--- Data to use Enclosed Below ---

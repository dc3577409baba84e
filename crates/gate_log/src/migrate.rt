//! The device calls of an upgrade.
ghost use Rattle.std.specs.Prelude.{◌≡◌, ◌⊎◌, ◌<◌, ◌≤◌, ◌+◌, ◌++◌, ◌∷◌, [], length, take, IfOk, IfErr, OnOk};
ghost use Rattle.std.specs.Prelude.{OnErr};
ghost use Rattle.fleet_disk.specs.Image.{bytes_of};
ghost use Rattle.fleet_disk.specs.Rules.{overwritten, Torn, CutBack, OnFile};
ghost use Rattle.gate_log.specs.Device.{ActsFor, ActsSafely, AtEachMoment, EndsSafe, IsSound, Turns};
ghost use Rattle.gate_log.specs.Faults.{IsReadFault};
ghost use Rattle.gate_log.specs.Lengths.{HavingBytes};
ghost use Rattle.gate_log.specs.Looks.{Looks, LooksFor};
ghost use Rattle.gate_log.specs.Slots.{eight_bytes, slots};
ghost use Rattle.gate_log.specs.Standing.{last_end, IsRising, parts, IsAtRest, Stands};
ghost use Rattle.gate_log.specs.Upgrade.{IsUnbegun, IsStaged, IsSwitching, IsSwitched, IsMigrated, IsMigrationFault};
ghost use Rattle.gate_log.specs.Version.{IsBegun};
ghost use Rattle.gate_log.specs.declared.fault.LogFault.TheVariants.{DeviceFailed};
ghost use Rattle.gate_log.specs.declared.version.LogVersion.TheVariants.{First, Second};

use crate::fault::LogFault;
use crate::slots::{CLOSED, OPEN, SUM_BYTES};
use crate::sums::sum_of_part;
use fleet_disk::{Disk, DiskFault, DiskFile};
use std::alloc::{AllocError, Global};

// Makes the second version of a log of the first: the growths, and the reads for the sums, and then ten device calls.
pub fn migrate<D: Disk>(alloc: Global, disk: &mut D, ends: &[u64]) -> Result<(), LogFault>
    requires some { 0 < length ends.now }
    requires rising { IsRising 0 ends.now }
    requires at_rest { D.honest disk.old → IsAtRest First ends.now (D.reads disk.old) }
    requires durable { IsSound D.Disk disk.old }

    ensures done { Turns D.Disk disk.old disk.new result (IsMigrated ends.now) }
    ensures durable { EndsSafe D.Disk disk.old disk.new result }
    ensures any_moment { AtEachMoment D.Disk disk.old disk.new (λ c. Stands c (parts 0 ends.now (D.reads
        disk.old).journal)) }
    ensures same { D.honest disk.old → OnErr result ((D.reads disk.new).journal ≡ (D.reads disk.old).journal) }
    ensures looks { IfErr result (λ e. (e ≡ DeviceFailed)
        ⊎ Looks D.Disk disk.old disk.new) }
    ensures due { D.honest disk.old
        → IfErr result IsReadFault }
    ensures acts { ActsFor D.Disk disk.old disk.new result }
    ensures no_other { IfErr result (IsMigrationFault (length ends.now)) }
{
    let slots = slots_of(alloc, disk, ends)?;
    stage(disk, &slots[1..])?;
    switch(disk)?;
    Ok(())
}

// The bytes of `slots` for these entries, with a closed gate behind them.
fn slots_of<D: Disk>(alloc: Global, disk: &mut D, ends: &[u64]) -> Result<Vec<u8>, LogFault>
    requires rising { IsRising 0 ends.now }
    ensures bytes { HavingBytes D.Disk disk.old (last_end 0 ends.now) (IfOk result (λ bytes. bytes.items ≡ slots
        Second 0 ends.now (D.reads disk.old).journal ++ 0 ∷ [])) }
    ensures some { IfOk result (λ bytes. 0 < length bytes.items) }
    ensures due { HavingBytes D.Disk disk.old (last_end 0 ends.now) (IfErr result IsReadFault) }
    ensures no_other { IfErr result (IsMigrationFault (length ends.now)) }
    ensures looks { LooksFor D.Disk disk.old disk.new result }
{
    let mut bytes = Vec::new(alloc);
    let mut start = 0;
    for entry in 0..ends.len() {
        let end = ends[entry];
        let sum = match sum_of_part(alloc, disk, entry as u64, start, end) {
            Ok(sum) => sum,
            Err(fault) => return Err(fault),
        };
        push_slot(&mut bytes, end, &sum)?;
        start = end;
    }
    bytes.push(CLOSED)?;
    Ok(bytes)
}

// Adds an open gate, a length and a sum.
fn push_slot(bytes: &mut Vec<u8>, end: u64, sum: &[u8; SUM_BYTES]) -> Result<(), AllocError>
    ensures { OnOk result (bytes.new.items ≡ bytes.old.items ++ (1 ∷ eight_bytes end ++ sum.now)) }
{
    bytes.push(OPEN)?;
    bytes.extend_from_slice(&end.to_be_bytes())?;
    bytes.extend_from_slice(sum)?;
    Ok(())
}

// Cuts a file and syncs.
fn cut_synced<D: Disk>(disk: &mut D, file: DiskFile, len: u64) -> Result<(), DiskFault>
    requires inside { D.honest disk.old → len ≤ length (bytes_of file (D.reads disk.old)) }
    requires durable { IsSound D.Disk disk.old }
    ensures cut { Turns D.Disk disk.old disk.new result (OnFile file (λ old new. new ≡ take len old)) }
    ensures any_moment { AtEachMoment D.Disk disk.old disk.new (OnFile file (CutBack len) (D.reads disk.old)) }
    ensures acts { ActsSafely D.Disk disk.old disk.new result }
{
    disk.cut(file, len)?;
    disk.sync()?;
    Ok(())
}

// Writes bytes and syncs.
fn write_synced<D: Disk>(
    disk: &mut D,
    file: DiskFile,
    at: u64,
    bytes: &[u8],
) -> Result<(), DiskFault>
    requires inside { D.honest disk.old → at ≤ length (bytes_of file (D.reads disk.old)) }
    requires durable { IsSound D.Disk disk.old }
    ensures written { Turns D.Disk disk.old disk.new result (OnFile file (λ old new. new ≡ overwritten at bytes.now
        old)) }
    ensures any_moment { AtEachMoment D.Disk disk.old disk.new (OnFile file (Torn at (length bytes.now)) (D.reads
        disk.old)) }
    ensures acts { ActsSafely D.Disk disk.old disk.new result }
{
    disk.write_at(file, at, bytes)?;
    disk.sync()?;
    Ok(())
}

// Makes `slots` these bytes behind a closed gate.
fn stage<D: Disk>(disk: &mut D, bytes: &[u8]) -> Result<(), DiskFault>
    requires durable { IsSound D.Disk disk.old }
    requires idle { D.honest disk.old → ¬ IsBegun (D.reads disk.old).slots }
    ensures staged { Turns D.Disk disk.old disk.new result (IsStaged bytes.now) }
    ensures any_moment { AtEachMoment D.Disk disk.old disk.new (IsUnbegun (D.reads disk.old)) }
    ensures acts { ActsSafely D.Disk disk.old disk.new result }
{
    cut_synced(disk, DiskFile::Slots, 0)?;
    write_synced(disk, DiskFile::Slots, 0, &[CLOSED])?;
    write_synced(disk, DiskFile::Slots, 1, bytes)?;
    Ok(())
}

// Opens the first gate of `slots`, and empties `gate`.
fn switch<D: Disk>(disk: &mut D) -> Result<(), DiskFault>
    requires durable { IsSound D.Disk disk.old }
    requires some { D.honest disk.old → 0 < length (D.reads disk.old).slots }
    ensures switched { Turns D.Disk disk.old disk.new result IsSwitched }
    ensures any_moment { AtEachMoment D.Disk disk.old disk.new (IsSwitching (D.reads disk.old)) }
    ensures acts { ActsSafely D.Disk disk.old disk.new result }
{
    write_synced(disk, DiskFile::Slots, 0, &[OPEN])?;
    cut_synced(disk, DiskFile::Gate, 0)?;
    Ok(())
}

--- End of Enclosed Data to use ---

Problem statement
If a line in the entries contains "sums", copy it.

Exercise answer
use crate::sums::sum_of_part;
// Makes the second version of a log of the first: the growths, and the reads for the sums, and then ten device calls.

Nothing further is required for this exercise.